Well, there are good news and bad news. Good news are - both issues I complained about are solved in 7.6. Bad news - as of now (r31605) 7.6 has too many regressions (for example Artist sorting is totally screwed for names containing non-ascii chars - let me know if you need screenshot or something). So I'm back to 7.5.2 + my patches...
Comment 45 Alan Young 2010-12-10 00:23:04 UTC
Nick, thanks for this.

I'm not exactly sure but I suspect that the sorting issue may be related to your use of a non-UTF-8 locale. Sorting is using the following method:

    $COLLATION{perllocale} = sub { use locale; $_[0] cmp $_[1] };

where the strings from the DB that are being collated here will be UTF-8 encoded.

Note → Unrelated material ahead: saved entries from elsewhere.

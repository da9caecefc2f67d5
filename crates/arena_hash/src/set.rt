// Sets: maps whose values have no bytes.
ghost use Rattle.std.specs.Prelude.{◌≡◌, ◌==◌, ◌^◌, ◌≤◌, ◌↔◌, IfOk, IfErr, OnErr, IsTrue};
ghost use Rattle.std.specs.Prelude.{List, [], ◌∷◌, Some, IfSome, length};
ghost use Rattle.std.specs.Iterator.{IsFinite, Yields, YieldsFirst, UpTo, at_most, item_count};
ghost use Rattle.std.specs.Iterator.SizeHint.{IsWithinCount};
ghost use Rattle.hash_ring.specs.Finite.{has};
ghost use Rattle.arena_table.specs.Contents.{content_in};
ghost use Rattle.arena_chunks.specs.Memory.{is_readable};
ghost use Rattle.arena_chunks.specs.Frame.{AreBlocksApart, Frame};
ghost use Rattle.arena_hash.specs.Collecting.{CollectsAll, CollectsSome};
ghost use Rattle.arena_hash.specs.Sets.{set_kind, ListsKeys, HaveSame, StepsInPairs};
ghost use Rattle.arena_hash.specs.Maps.{IsMapIn, map_in};
ghost use Rattle.arena_hash.specs.Changes.{IsNew, PlacesMap, Puts, TakesOut, is_new, was_there};

use crate::map::HashMap;
use crate::walk::IntoKeys;
use arena_chunks::{Allocator, ChunkSource};
use arena_items::{Grown, Item};
use arena_table::ArenaKey;
use hash_ring::{FxHasher, KeyHasher};
use std::marker::Model;

/// A finite set by content. It is a handle: two of them may refer to the same table.
#[derive(Clone, Copy)]
pub struct HashSet<T, S = FxHasher> {
    /// The map whose keys are the items.
    pub map: HashMap<T, (), S>,
}

/// The name of this type in the Rust crate.
pub type ArenaHashSet<T, S = FxHasher> = HashSet<T, S>;

impl<T: ArenaKey, S: KeyHasher> HashSet<T, S> {
    /// Returns an empty set with `S::default()` as its hasher. Nothing is placed.
    pub fn new_in() -> HashSet<T, S>
        ensures set { IsNew (set_kind T.Item T.key S.hash_of) result.map.hasher result.map }
        ensures hasher { S.is_default result.map.hasher }
    {
        HashSet {
            map: HashMap::new_in(),
        }
    }

    /// Returns an empty set with this hasher. Nothing is placed.
    pub fn with_hasher_in(hasher: S) -> HashSet<T, S>
        ensures { IsNew (set_kind T.Item T.key S.hash_of) hasher result.map }
    {
        HashSet {
            map: HashMap::with_hasher_in(hasher),
        }
    }

    /// Returns an empty set with room for `capacity` items, and `S::default()` as its hasher.
    ///
    /// # Errors
    ///
    /// As for the map's `with_capacity_in`.
    pub fn with_capacity_in<C: ChunkSource>(
        capacity: u64,
        a: &mut Allocator<C>,
    ) -> Grown<HashSet<T, S>>
        requires { T.SIZE ≤ 2 ^ 24 }
        ensures placed { PlacesMap (set_kind T.Item T.key S.hash_of) (λ s. s.map)
            a.old a.new capacity result }
        ensures hasher { IfOk result (λ s. S.is_default s.map.hasher) }
    {
        HashSet::with_capacity_and_hasher_in(capacity, S::default(), a)
    }

    /// Returns an empty set with room for `capacity` items, and this hasher.
    ///
    /// # Errors
    ///
    /// As for the map's `with_capacity_and_hasher_in`.
    pub fn with_capacity_and_hasher_in<C: ChunkSource>(
        capacity: u64,
        hasher: S,
        a: &mut Allocator<C>,
    ) -> Grown<HashSet<T, S>>
        requires { T.SIZE ≤ 2 ^ 24 }
        ensures placed { PlacesMap (set_kind T.Item T.key S.hash_of) (λ s. s.map)
            a.old a.new capacity result }
        ensures hasher { IfOk result (λ s. s.map.hasher ≡ hasher) }
    {
        let map = HashMap::with_capacity_and_hasher_in(capacity, hasher, a)?;
        Ok(HashSet { map })
    }

    /// Collects an iterator's items into a set, inserting them one by one. The size hint isn't used.
    ///
    /// # Errors
    ///
    /// As for `insert`. What was placed stays in the arena.
    pub fn from_iter_in<C: ChunkSource, I: Iterator<Item = T>>(
        iter: I,
        a: &mut Allocator<C>,
    ) -> Grown<HashSet<T, S>>
    where
        I: Drop,
        requires small { T.SIZE ≤ 2 ^ 24 }
        requires can { I.can_next iter }
        requires ends { IsFinite (I.remaining iter) }
        requires texts { (items : List T) (now rest : I) (last : T)
            → Yields I.next_gives iter items now → I.next_gives now (Some last) rest
            → IsTrue (is_readable a.old.memory.state (T.key.text last)) }
        ensures held { IfOk result (λ s. IsMapIn (set_kind T.Item T.key S.hash_of) a.new.memory s.map) }
        ensures frame { IfOk result (λ s. Frame a.old.memory a.new.memory [] (s.map.table.block ∷ [])) }
        ensures beside { OnErr result (Frame a.old.memory a.new.memory [] []) }
        ensures hasher { IfOk result (λ s. S.is_default s.map.hasher) }
        ensures collects { IfOk result (λ s. CollectsAll (set_kind T.Item T.key S.hash_of)
            (StepsInPairs I.next_gives) iter a.old a.new s.map) }
        ensures refused { IfErr result (CollectsSome (set_kind T.Item T.key S.hash_of)
            (StepsInPairs I.next_gives) iter a.old a.new) }
    {
        let mut iter = iter;
        let mut map = HashMap::new_in();
        while let Some(item) = iter.next() {
            map.insert(a, item, ())?;
        }
        Ok(HashSet { map })
    }

    /// Returns the set of a map's keys.
    pub fn from(map: HashMap<T, (), S>) -> HashSet<T, S>
        ensures { result.map ≡ map }
    {
        HashSet { map }
    }

    /// Inserts an item, and returns whether it is new. An item that is there stays.
    ///
    /// # Errors
    ///
    /// As for the map's `insert`. The set and the memory are unchanged.
    #[inline]
    pub fn insert<C: ChunkSource>(&mut self, a: &mut Allocator<C>, item: T) -> Grown<bool>
        requires small { T.SIZE ≤ 2 ^ 24 }
        requires held { IsMapIn (set_kind T.Item T.key S.hash_of) a.old.memory self.old.map }
        requires text { IsTrue (is_readable a.old.memory.state (T.key.text item)) }
        requires apart { AreBlocksApart (T.key.text item) self.old.map.table.block }
        ensures { Puts (set_kind T.Item T.key S.hash_of) a.old a.new self.old.map item tt is_new
            self.new.map result }
    {
        let old = self.map.insert(a, item, ())?;
        Ok(old.is_none())
    }

    /// Removes an item, and returns whether it was there.
    #[inline]
    pub fn remove<C: ChunkSource>(&mut self, a: &mut Allocator<C>, item: T) -> bool
        requires small { T.SIZE ≤ 2 ^ 24 }
        requires held { IsMapIn (set_kind T.Item T.key S.hash_of) a.old.memory self.old.map }
        requires text { IsTrue (is_readable a.old.memory.state (T.key.text item)) }
        ensures { TakesOut (set_kind T.Item T.key S.hash_of) a.old a.new self.old.map item was_there
            self.new.map result }
    {
        self.map.remove(a, item).is_some()
    }

    /// Returns whether an item is there.
    #[inline]
    pub fn contains<C: ChunkSource>(&self, a: &Allocator<C>, item: T) -> bool
        requires small { T.SIZE ≤ 2 ^ 24 }
        requires held { IsMapIn (set_kind T.Item T.key S.hash_of) a.now.memory self.now.map }
        requires text { IsTrue (is_readable a.now.memory.state (T.key.text item)) }
        ensures { result ≡ has (map_in (set_kind T.Item T.key S.hash_of) a.now.memory self.now.map)
            (content_in T.key a.now.memory item) }
    {
        self.map.contains_key(a, item)
    }

    /// Returns the number of items.
    #[inline]
    pub fn len(&self) -> u32
        ensures { result ≡ self.now.map.len }
    {
        self.map.len
    }

    /// Returns whether there is no item.
    #[inline]
    pub fn is_empty(&self) -> bool
        ensures { result ≡ (self.now.map.len == 0) }
    {
        self.map.len == 0
    }

    /// Returns an iterator over the items, each once, in unspecified order.
    pub fn iter<'a, C: ChunkSource>(&self, a: &'a Allocator<C>) -> SetIter<'a, T, C>
        requires small { T.SIZE ≤ 2 ^ 24 }
        requires held { IsMapIn (set_kind T.Item T.key S.hash_of) a.now.memory self.now.map }
        ensures { ListsKeys (content_in T.key a.now.memory)
            (map_in (set_kind T.Item T.key S.hash_of) a.now.memory self.now.map) result }
    {
        SetIter {
            keys: IntoKeys {
                pairs: self.map.iter(a),
            },
        }
    }

    /// Returns whether the same contents are items of both sets.
    pub fn eq<C: ChunkSource>(&self, a: &Allocator<C>, other: &HashSet<T, S>) -> bool
        requires small { T.SIZE ≤ 2 ^ 24 }
        requires held { IsMapIn (set_kind T.Item T.key S.hash_of) a.now.memory self.now.map }
        requires other { IsMapIn (set_kind T.Item T.key S.hash_of) a.now.memory other.now.map }
        ensures { IsTrue result ↔ HaveSame
            (map_in (set_kind T.Item T.key S.hash_of) a.now.memory self.now.map)
            (map_in (set_kind T.Item T.key S.hash_of) a.now.memory other.now.map) }
    {
        self.map.eq(a, &other.map)
    }
}

/// An iterator over the items of a set, each once.
#[derive(Drop)]
pub struct SetIter<'a, T: Item, C: ChunkSource> {
    keys: IntoKeys<'a, T, (), C>,
}

impl<'a, T: Item, C: ChunkSource> Model for SetIter<'a, T, C> {
    ghost use Rattle.std.specs.Prelude.{List};

    ghost Value = { List T };

    ghost view = { λ s. s.keys };
}

impl<'a, T: Item, C: ChunkSource> Iterator for SetIter<'a, T, C> {
    type Item = T;

    ghost next_gives = { YieldsFirst (λ s. s) };

    ghost remaining = { item_count (λ s. s) };

    #[inline]
    fn next(&mut self) -> Option<T> {
        self.keys.next()
    }

    #[inline]
    fn size_hint(&self) -> (usize, Option<usize>)
        ensures lower { IsWithinCount result.0 (at_most (length self.now)) }
        ensures upper { IfSome result.1 (UpTo (at_most (length self.now))) }
        ensures exact { result ≡ (length self.now, Some (length self.now)) }
    {
        self.keys.size_hint()
    }
}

This collation is dependent upon LC_COLLATE (env var) being set appropriately. 

Taking those two points together, maybe try setting LC_COLLATE="ru_RU" instead of LC_COLLATE="ru_RU.KOI8-R".

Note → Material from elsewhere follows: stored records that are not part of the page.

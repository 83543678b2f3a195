// Plane partitions as a kind: code 2, eight bits a cell. First the bounds of a height among its neighbours, then what
// changes heights, each keeping them from rising to the right and downwards.
ghost use Rattle.std.specs.Prelude.{◌≡◌, ◌≤◌, length, replicate, IfOk, slice_set};
ghost use Rattle.std.proofs.Common.{subst, sym, ◌∙◌, rules};
ghost use Rattle.lattice.specs.Grid.{cell_count, Extent};
ghost use Rattle.lattice.specs.Shapes.{extent_of};
ghost use Rattle.partitions.specs.Heights.{Falling, height_or, highest, lowered, lowest, partitions_meaning, raised};
ghost use Rattle.partitions.specs.Partitions.{partition_cells, partition_extent, partitions_extent};
ghost use Rattle.partitions.specs.Laws;
ghost use Rattle.lattice.specs.Kind.{Lawful};
ghost use Rattle.partitions.specs.Laws.{lawful_from};

use super::Partitions;
use crate::state::PlanePartition;
use lattice::fault::StateFault;
use lattice::grid::Grid;
use lattice::kind::Kind;
use lattice::shape::{ABOVE, BELOW, LEFT, RIGHT, Shape};
use lattice::words::{MIDDLE_LEVEL, split};
use std::alloc::{AllocError, Global};

// The height at a cell, or the other where there is no cell; 0 past the last height.
fn height_or(other: u8, heights: &[u8], cell: Option<usize>) -> u8
    ensures { result ≡ height_or other heights.now cell }
{
    cell.map_or(other, |cell| heights.get(cell).copied().unwrap_or(0))
}

// The largest height that a cell may have beside those to its left and above.
fn highest(shape: &Shape, heights: &[u8], cell: usize) -> u8
    ensures { result ≡ highest (extent_of shape.now) heights.now cell }
{
    let cap = shape.cap();
    let left = height_or(cap, heights, shape.beside(cell, LEFT));
    let above = height_or(cap, heights, shape.beside(cell, ABOVE));
    cap.min(left.min(above))
}

// The smallest height that a cell may have beside those to its right and below.
fn lowest(shape: &Shape, heights: &[u8], cell: usize) -> u8
    ensures { result ≡ lowest (extent_of shape.now) heights.now cell }
{
    let right = height_or(0, heights, shape.beside(cell, RIGHT));
    let below = height_or(0, heights, shape.beside(cell, BELOW));
    right.max(below)
}

impl PlanePartition {
    // All heights 0.
    fn new(heap: Global, shape: Shape) -> Result<PlanePartition, AllocError>
        ensures { IfOk result (λ s. (partition_cells s ≡ replicate (cell_count (extent_of shape)) 0) × (partition_extent s ≡ extent_of shape)) }
    {
        let grid = Grid::new(heap, shape)?;
        Ok(PlanePartition { grid })
    }

    // Gives one cell a height that fits its neighbours.
    fn put(&mut self, cell: usize, height: u8)
        requires { Falling (partition_extent self.old) (slice_set (partition_cells self.old) cell height) }
        ensures writes { partition_cells self.new ≡ slice_set (partition_cells self.old) cell height }
        ensures keeps { partition_extent self.new ≡ partition_extent self.old }
    {
        self.grid.put(cell, height);
    }

    // Gives all cells the same height.
    fn fill(&mut self, height: u8)
        requires { height ≤ (partition_extent self.old).largest }
        ensures writes { partition_cells self.new ≡ replicate (cell_count (partition_extent self.old)) height }
        ensures keeps { partition_extent self.new ≡ partition_extent self.old }
    {
        self.grid.fill(height);
    }

    // Takes heights that were found to be lawful, one for each cell.
    fn take_heights(&mut self, heights: &[u8])
        requires each { length heights.now ≡ cell_count (partition_extent self.old) }
        requires falling { Falling (partition_extent self.old) heights.now }
        ensures writes { partition_cells self.new ≡ heights.now }
        ensures keeps { partition_extent self.new ≡ partition_extent self.old }
    {
        self.grid.copy_from(heights);
    }

    // Raises the site by one where it may be higher.
    fn raise(&mut self, site: usize)
        ensures writes { partition_cells self.new ≡ raised (partition_extent self.old) site (partition_cells self.old) }
        ensures keeps { partition_extent self.new ≡ partition_extent self.old }
    {
        let height = self.grid.get(site);
        if height < highest(&self.grid.shape(), self.grid.as_slice(), site) {
            self.put(site, height + 1);
        }
    }

    // Lowers the site by one where it may be lower.
    fn lower(&mut self, site: usize)
        ensures writes { partition_cells self.new ≡ lowered (partition_extent self.old) site (partition_cells self.old) }
        ensures keeps { partition_extent self.new ≡ partition_extent self.old }
    {
        let height = self.grid.get(site);
        if height > lowest(&self.grid.shape(), self.grid.as_slice(), site) {
            self.put(site, height - 1);
        }
    }
}

impl Kind for Partitions {
    type State = PlanePartition;

    const CODE: u8 = 2;

    ghost CODE = { 2 };

    const WIDTH: u8 = 8;

    ghost WIDTH = { 8 };

    ghost meaning = { λ k. partitions_meaning (partitions_extent k) };

    ghost extent = { partitions_extent };

    ghost cells = { partition_cells };

    ghost carried = { partition_extent };

    fn shape(&self) -> Shape {
        self.shape
    }

    fn shape_of(state: &PlanePartition) -> Shape {
        state.grid.shape()
    }

    fn new_state(&self, heap: Global) -> Result<PlanePartition, StateFault> {
        Ok(PlanePartition::new(heap, self.shape)?)
    }

    fn set_bottom(&self, state: &mut PlanePartition) -> Result<(), StateFault> {
        state.grid.check_shape(&self.shape)?;
        state.fill(0);
        Ok(())
    }

    fn set_top(&self, state: &mut PlanePartition) -> Result<(), StateFault> {
        state.grid.check_shape(&self.shape)?;
        state.fill(self.shape.cap());
        Ok(())
    }

    fn apply(&self, state: &mut PlanePartition, word: u64) -> Result<(), StateFault> {
        state.grid.check_shape(&self.shape)?;
        let (site, level) = split(word, self.shape.cell_count());
        if level < MIDDLE_LEVEL {
            state.raise(site as usize);
        } else {
            state.lower(site as usize);
        }
        Ok(())
    }

    fn equal(&self, first: &PlanePartition, second: &PlanePartition) -> Result<bool, StateFault> {
        first.grid.same_of(&self.shape, &second.grid)
    }

    fn cell(&self, state: &PlanePartition, index: u64) -> Result<u8, StateFault> {
        state.grid.cell_of(&self.shape, index)
    }

    fn load(&self, state: &mut PlanePartition, bytes: &[u8]) -> Result<(), StateFault> {
        let heights = state.grid.bytes_to_load(&self.shape, bytes)?;
        for (cell, height) in heights.iter().enumerate() {
            if *height > highest(&self.shape, heights, cell) {
                return Err(StateFault::Unlawful { cell });
            }
        }
        state.take_heights(heights);
        Ok(())
    }

    ghost ordered = { λ k. Laws.ordered (partitions_extent k) };

    ghost bounded = { λ k. Laws.bounded (partitions_extent k) };

    ghost closed = { λ k. Laws.closed (partitions_extent k) };

    ghost monotone = { λ k. Laws.monotone (partitions_extent k) };

    ghost distinct = { λ k. Laws.distinct (partitions_extent k) };

    ghost shared = { λ j k same x h. subst (λ (e : Extent). Lawful (partitions_meaning e) x) same h };

    ghost sized = { λ k. Laws.sized (partitions_extent k) k.shape.capped.1 };

    ghost lawful = { λ k s same.
        subst (λ (e : Extent). Lawful (partitions_meaning e) (partition_cells s)) same
        (lawful_from (partition_extent s) (partition_cells s) (sym s.grid.cells.ok.0 ∙ s.grid.sized) s.falling) };

    ghost in_range = { Prim.search rules };

    ghost carried_in_range = { Prim.search rules };

    ghost encoded = { Prim.search rules };
}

I would be very interested to hear your results.
Comment 46 Alan Young 2010-12-10 00:56:14 UTC
After some more experiments, I think what you might need is LC_COLLATE="ru_RU.utf8"

[awy@oz ~]$ LC_COLLATE="ru_RU.KOI8-R" perl t.pl t
abcd
efgh
äbcd
åbcd
æbcd
øbcd
[awy@oz ~]$ LC_COLLATE="ru_RU.utf8" perl t.pl t
abcd
åbcd
äbcd
æbcd
efgh
øbcd
[awy@oz ~]$ LC_COLLATE=no_NO.utf8 perl t.pl t
abcd
efgh
æbcd
äbcd
øbcd
åbcd
Comment 47 SVN Bot 2010-12-10 02:48:21 UTC
 == Auto-comment from SVN commit #31609 to the slim repo by ayoung ==
 == http://svn.slimdevices.com/slim?view=revision&revision=31609 ==

bug 16683: Non-ASCII characters in file and directory names 
Fixed Bug 15805 - Artists sorting incorrectly on 7.5-embedded SQLite
Fixed Bug 14800 - Sorting not done correctly with Swedish characters
Bug 13153 - Both web interface and squeezebox "hang" when one browses folders containing non-ascii chars
Set LC_COLLATE so that SQLite database sorting using perlcollate works for different languages.
Comment 48 Paul Chandler 2011-05-06 14:14:26 UTC
7.6.0 32390   -USed the Cyrillic mp3 and folder ---was able to browse and play.

set language to Russion (on TOuch) still works.